TASK GOAL
The answer is the set of lines that include "bool", copied from the data below.

[Data extracted from a collection]
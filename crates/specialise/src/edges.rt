//! Which edges are reached, by the blocks that they join.
ghost use Rattle.std.specs.Prelude.{◌≡◌, ◌==◌, ◌&&◌, ◌||◌, ℕ, false, IfOk, OnOk, map, if◌then◌else◌};
ghost use Rattle.ir_syntax.specs.Edges.{successors};
ghost use Rattle.fold_facts.specs.Assigned.{edges_from};
ghost use Rattle.fold_facts.specs.OfFunction.{IsAssignmentIn};
ghost use Rattle.interface.specs.Masks.{is_chosen};
ghost use Rattle.specialise.specs.Leaving.{edges_to};
ghost use Rattle.specialise.specs.Mirrors.Edges.{has_edge};

use crate::counts::Counts;
use fold_facts::Assignment;
use ir_syntax::{Block, Term};
use ir_types::OutOfMemory;
use std::alloc::Global;
use std::collections::HashSet;

/// The reached edges: from which block to which each goes, and its place among the edges that go so.
#[derive(Drop)]
pub(crate) struct ReachedEdges {
    edges: HashSet<(usize, usize, usize)>,
}

impl ReachedEdges {
    /// No edges.
    fn new(alloc: Global) -> ReachedEdges
        ensures { (from to j : ℕ) → has_edge result from to j ≡ false }
    {
        ReachedEdges {
            edges: HashSet::new(alloc),
        }
    }

    /// Whether the j-th edge from the one block to the other is reached.
    pub(crate) fn has(&self, from: usize, to: usize, j: usize) -> bool
        ensures { result ≡ has_edge self.now from to j }
    {
        self.edges.contains(&(from, to, j))
    }

    /// Adds the j-th edge from the one block to the other, if it is reached.
    fn add(&mut self, is_reached: bool, from: usize, to: usize, j: usize) -> Result<(), OutOfMemory>
        ensures { OnOk result ((f t i : ℕ) → has_edge self.new f t i ≡ ((is_reached && ((from == f) && ((to == t) && (j == i)))) || has_edge self.old f t i)) }
    {
        if is_reached {
            self.edges.insert((from, to, j))?;
        }
        Ok(())
    }

    /// Adds the reached edges of a block, none of which is there.
    fn add_block(
        &mut self,
        alloc: Global,
        a: &Assignment,
        from: usize,
        term: &Term,
    ) -> Result<(), OutOfMemory>
        requires edges { map (λ edge. edge.to) (edges_from a.now from) ≡ successors term.now }
        requires none { (to j : ℕ) → has_edge self.old from to j ≡ false }
        ensures { OnOk result ((f to j : ℕ) → has_edge self.new f to j ≡ (if from == f then is_chosen (edges_to a.now from to) j else has_edge self.old f to j)) }
    {
        let mut counts = Counts::new(alloc);
        for k in 0..term.successor_count() {
            match term.successor(k) {
                Some(to) => {
                    self.add(a.edge(from, k), from, to, counts.of(to))?;
                    counts.add(to)?;
                }
                None => return Ok(()),
            }
        }
        Ok(())
    }

    /// The reached edges of an assignment of these blocks. `OutOfMemory` says that the allocator refused memory.
    pub(crate) fn of(
        alloc: Global,
        a: &Assignment,
        blocks: &[Block],
    ) -> Result<ReachedEdges, OutOfMemory>
        requires of { IsAssignmentIn blocks.now a.now }
        ensures { IfOk result (λ edges. (from to j : ℕ) → has_edge edges from to j ≡ is_chosen (edges_to a.now from to) j) }
    {
        let mut edges = ReachedEdges::new(alloc);
        for (from, block) in blocks.iter().enumerate() {
            edges.add_block(alloc, a, from, &block.term)?;
        }
        Ok(edges)
    }
}
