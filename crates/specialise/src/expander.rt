//! The expansion of rows.
ghost use Rattle.std.specs.Prelude.{IfOk};
ghost use Rattle.specialise.specs.Pieces.{IsNothing};
ghost use Rattle.specialise.specs.Mirrors.Expanding.{row_needs, row_size};
ghost use Rattle.specialise.specs.Mirrors.Expander.{IsExpanderOf, Expands};

use crate::Piece;
use crate::expansion::expanded;
use call_cycles::on_cycles;
use demand_core::{Expand, Row};
use demands::{RowFault, demand_of};
use ir_syntax::Program;
use ir_types::{List, OutOfMemory};
use std::alloc::Global;

/// Expands the rows of a program's demands.
#[derive(Drop)]
pub struct Expander<'p> {
    program: &'p Program,
    cycles: List<List<bool>>,
}

impl<'p> Expander<'p> {
    /// What expands the rows of a program. It finds the program's call cycles. `OutOfMemory` says that the allocator refused
    /// memory.
    pub fn new(alloc: Global, program: &'p Program) -> Result<Expander<'p>, OutOfMemory>
        ensures { IfOk result (IsExpanderOf program.now) }
    {
        let cycles = on_cycles(alloc, program)?;
        Ok(Expander { program, cycles })
    }
}

/// What a row expands into that is no demand's.
fn nothing(alloc: Global) -> Piece
    ensures { IsNothing result }
{
    Piece {
        body: None,
        calls: List::new(alloc),
        size: 0,
    }
}

impl<'p> Expand for Expander<'p> {
    type Piece = Piece;

    ghost expands = { λ e row piece. Expands e.program.now e.cycles row piece };

    ghost asked = { λ e piece. piece.calls };

    ghost weight = { λ e piece. piece.size };

    ghost needs_of = { λ e row. row_needs e.program.now e.cycles row };

    ghost size_of = { λ e row. row_size e.program.now row };

    fn expand(&self, alloc: Global, row: &Row) -> Result<Piece, OutOfMemory> {
        match demand_of(alloc, self.program, row) {
            Ok(demand) => expanded(alloc, self.program, &self.cycles, &demand),
            Err(RowFault::NoDemand) => Ok(nothing(alloc)),
            Err(RowFault::OutOfMemory) => Err(OutOfMemory),
        }
    }

    fn needs<'a>(&self, piece: &'a Piece) -> &'a [Row] {
        piece.calls.as_slice()
    }

    fn size(&self, piece: &Piece) -> u64 {
        piece.size
    }

    ghost needs_law = { λ e row piece is. is.needs };

    ghost size_law = { λ e row piece is. is.size };
}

TASK SOLUTION
    pub(crate) fn has(&self, from: usize, to: usize, j: usize) -> bool
    fn add(&mut self, is_reached: bool, from: usize, to: usize, j: usize) -> Result<(), OutOfMemory>
    cycles: List<List<bool>>,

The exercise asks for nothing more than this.